▶ WHAT TO DO:
From the entries that follow, work out how many lines contain "Result". Write the number only.

(GIVEN INFORMATION)

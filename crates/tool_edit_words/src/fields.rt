// The fields and values that an edit is asked for, set in a row.
use crate::Asked;
use tool_bytes::part;
use tool_change::{Unset, rule_of, set_field};
use tool_ends::{Argument, Cannot, Host, begin, complain, end, quoted};
use tool_field::{Field, Named, NoField, Set, parse_field, put_fields};
use tool_out::Out;
use tool_rows::row::Row;
use tool_value::expected::put_expected;

fn end_fields(rt: &impl Host, out: &mut Out, is_second: bool) -> Cannot {
    out.text(b"; the fields are ");
    put_fields(out, is_second);
    end(rt, out);
    Cannot
}

fn complain_no_field(rt: &impl Host, is_second: bool) -> Cannot {
    let mut out = begin(rt, b"edit");
    out.text(b"no FIELD=VALUE");
    end_fields(rt, &mut out, is_second)
}

fn complain_unknown(rt: &impl Host, name: &[u8], is_second: bool) -> Cannot {
    let mut out = begin(rt, b"edit");
    out.text(b"no field ");
    quoted(&mut out, name);
    end_fields(rt, &mut out, is_second)
}

fn complain_edition(rt: &impl Host, name: &[u8]) -> Cannot {
    let mut out = begin(rt, b"edit");
    quoted(&mut out, name);
    out.text(b" is a field of the second edition, and this channel is of the first");
    end_fields(rt, &mut out, false)
}

fn complain_second_table(rt: &impl Host) -> Cannot {
    complain(
        rt,
        b"edit",
        b"second-table is out of reach of an edit, which neither reads nor writes a Cntt",
    )
}

fn complain_no_value(rt: &impl Host, word: &[u8]) -> Cannot {
    let mut out = begin(rt, b"edit");
    out.text(b"no value in ");
    quoted(&mut out, word);
    out.text(b"; expected FIELD=VALUE");
    end(rt, &mut out);
    Cannot
}

// The field that a name means in a row, or what is wrong with it.
fn field_named(rt: &impl Host, new: &Row, name: &[u8]) -> Result<Named, Cannot> {
    let second = new.is_second();
    match parse_field(name) {
        Err(NoField::SecondTable) => Err(complain_second_table(rt)),
        Err(NoField::Unknown) => Err(complain_unknown(rt, name, second)),
        Ok(named) => {
            if named.is_second_only() && !second {
                return Err(complain_edition(rt, name));
            }
            Ok(named)
        }
    }
}

// The set that is named with a value which it does not have: only a table's values are a set's own.
fn told_set(second: bool, named: Named, set: Set) -> Option<Set> {
    if !second {
        return None;
    }
    if named.field == Field::Table {
        return Some(set);
    }
    named.set
}

fn complain_value(rt: &impl Host, new: &Row, named: Named, set: Set, value: &[u8]) -> Cannot {
    let second = new.is_second();
    let mut out = begin(rt, b"edit");
    out.text(b"no ");
    named
        .field
        .put_called(&mut out, told_set(second, named, set));
    out.text(b" ");
    quoted(&mut out, value);
    out.text(b"; expected ");
    put_expected(&mut out, named.field.kind(second, rule_of(new, set)));
    end(rt, &mut out);
    Cannot
}

// Sets what a word says, where it is a rule or where it is not.
fn set_word(rt: &impl Host, new: &mut Row, word: &[u8], is_rule: bool) -> Result<(), Cannot> {
    let Some(at) = word.iter().position(|b| *b == b'=') else {
        return Err(complain_no_value(rt, word));
    };
    let value = part(word, at.saturating_add(1), word.len());
    let named = field_named(rt, new, part(word, 0, at))?;
    if (named.field == Field::Rule) != is_rule {
        return Ok(());
    }
    match set_field(rt.alloc(), new, named, value) {
        Ok(()) => Ok(()),
        Err(Unset::NoMemory) => Err(complain(rt, b"edit", b"there is no memory left")),
        Err(Unset::NoValue(set)) => Err(complain_value(rt, new, named, set, value)),
    }
}

fn set_all(rt: &impl Host, new: &mut Row, asked: &Asked, is_rule: bool) -> Result<(), Cannot> {
    for i in 0..tool_ends::arg_count(rt) {
        if asked.is_field(rt, i) {
            set_word(rt, new, Argument::at(rt, i).text(), is_rule)?;
        }
    }
    Ok(())
}

// Sets every field that is asked for, the rules first, for they choose the names of the tables.
pub fn set_fields(rt: &impl Host, new: &mut Row, asked: &Asked) -> Result<(), Cannot> {
    if !asked.has_fields() {
        return Err(complain_no_field(rt, new.is_second()));
    }
    set_all(rt, new, asked, true)?;
    set_all(rt, new, asked, false)
}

(End GIVEN INFORMATION)

▶ RESPONSE TO THIS EXERCISE:
4